Data supplied ::

=== Begin Enclosure ===

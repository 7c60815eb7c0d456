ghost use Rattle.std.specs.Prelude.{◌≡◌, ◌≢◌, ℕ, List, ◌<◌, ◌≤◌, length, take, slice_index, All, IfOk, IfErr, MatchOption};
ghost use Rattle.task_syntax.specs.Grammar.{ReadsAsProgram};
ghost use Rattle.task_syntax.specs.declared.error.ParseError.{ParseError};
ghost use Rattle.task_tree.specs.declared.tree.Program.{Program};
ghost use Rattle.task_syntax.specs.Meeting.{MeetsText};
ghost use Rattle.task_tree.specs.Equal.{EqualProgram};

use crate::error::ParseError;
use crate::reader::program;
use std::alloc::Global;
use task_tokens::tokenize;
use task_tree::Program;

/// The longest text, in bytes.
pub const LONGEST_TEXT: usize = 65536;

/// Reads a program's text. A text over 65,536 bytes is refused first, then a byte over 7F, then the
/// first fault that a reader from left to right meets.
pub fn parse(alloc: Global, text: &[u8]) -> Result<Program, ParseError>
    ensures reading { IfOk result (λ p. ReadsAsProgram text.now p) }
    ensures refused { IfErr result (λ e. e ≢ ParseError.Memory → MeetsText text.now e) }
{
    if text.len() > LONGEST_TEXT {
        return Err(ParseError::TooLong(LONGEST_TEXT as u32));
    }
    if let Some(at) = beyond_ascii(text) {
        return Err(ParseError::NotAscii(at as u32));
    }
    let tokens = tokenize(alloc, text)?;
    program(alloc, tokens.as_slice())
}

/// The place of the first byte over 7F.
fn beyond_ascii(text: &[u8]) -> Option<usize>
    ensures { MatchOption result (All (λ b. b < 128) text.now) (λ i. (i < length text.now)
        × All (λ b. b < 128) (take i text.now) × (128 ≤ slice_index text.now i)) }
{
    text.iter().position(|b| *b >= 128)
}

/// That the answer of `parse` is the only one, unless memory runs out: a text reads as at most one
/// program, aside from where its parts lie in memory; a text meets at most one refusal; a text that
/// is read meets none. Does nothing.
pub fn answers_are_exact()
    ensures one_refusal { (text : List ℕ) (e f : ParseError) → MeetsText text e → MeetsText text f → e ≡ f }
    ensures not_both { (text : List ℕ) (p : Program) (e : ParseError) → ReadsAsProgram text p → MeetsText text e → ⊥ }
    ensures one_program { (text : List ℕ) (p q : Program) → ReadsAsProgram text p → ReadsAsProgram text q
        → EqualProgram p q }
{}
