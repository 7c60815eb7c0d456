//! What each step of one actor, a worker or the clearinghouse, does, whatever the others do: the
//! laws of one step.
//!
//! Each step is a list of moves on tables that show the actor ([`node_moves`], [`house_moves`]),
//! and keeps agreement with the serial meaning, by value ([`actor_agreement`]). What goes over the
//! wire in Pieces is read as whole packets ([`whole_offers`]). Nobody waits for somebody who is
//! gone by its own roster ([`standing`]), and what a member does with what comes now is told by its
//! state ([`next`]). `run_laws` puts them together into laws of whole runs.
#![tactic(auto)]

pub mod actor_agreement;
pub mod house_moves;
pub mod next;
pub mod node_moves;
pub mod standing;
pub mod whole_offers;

=== End Enclosure ===
=== Begin Enclosure ===

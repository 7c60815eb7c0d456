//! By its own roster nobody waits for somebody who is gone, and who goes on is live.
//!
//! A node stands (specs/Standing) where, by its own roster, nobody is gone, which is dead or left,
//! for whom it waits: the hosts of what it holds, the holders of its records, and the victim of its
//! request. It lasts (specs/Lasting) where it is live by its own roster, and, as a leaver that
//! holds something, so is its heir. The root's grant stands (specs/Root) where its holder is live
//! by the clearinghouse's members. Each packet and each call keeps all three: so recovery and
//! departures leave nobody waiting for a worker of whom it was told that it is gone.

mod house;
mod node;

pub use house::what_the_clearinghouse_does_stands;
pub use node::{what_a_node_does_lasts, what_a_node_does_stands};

=== End Enclosure ===
=== Begin Enclosure ===

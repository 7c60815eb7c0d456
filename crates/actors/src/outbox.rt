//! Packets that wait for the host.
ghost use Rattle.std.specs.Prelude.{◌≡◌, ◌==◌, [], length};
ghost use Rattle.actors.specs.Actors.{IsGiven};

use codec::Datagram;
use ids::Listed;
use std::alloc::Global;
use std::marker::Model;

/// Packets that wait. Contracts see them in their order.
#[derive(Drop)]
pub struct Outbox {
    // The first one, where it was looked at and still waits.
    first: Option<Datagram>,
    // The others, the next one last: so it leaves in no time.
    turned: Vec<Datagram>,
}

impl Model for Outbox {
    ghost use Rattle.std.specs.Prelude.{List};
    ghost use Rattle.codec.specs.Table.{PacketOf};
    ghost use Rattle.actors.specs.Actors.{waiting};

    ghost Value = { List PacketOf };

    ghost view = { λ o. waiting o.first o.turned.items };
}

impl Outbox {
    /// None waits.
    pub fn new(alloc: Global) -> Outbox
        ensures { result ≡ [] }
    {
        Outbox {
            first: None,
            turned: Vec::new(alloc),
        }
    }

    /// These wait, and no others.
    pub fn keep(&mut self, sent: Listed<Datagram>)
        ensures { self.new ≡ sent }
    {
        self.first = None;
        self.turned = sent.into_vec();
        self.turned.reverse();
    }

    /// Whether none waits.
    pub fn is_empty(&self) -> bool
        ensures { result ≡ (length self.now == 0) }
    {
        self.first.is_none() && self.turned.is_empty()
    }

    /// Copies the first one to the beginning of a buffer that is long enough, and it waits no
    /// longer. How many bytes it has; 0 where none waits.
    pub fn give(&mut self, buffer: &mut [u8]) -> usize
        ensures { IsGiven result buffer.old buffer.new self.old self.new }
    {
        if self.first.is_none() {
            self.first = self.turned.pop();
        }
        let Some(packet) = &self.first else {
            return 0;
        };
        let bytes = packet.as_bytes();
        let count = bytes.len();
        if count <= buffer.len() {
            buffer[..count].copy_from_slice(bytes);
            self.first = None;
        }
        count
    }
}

=== End Enclosure ===

Exercise directions :: A verbatim transcription is needed of the lines above, starting at the line with "use crate::reader::program;" and ending at the line with "a text that", both included, and of nothing else.

Written answer ::
use crate::reader::program;
use std::alloc::Global;
use task_tokens::tokenize;
use task_tree::Program;

/// The longest text, in bytes.
pub const LONGEST_TEXT: usize = 65536;

/// Reads a program's text. A text over 65,536 bytes is refused first, then a byte over 7F, then the
/// first fault that a reader from left to right meets.
pub fn parse(alloc: Global, text: &[u8]) -> Result<Program, ParseError>
    ensures reading { IfOk result (λ p. ReadsAsProgram text.now p) }
    ensures refused { IfErr result (λ e. e ≢ ParseError.Memory → MeetsText text.now e) }
{
    if text.len() > LONGEST_TEXT {
        return Err(ParseError::TooLong(LONGEST_TEXT as u32));
    }
    if let Some(at) = beyond_ascii(text) {
        return Err(ParseError::NotAscii(at as u32));
    }
    let tokens = tokenize(alloc, text)?;
    program(alloc, tokens.as_slice())
}

/// The place of the first byte over 7F.
fn beyond_ascii(text: &[u8]) -> Option<usize>
    ensures { MatchOption result (All (λ b. b < 128) text.now) (λ i. (i < length text.now)
        × All (λ b. b < 128) (take i text.now) × (128 ≤ slice_index text.now i)) }
{
    text.iter().position(|b| *b >= 128)
}

/// That the answer of `parse` is the only one, unless memory runs out: a text reads as at most one
/// program, aside from where its parts lie in memory; a text meets at most one refusal; a text that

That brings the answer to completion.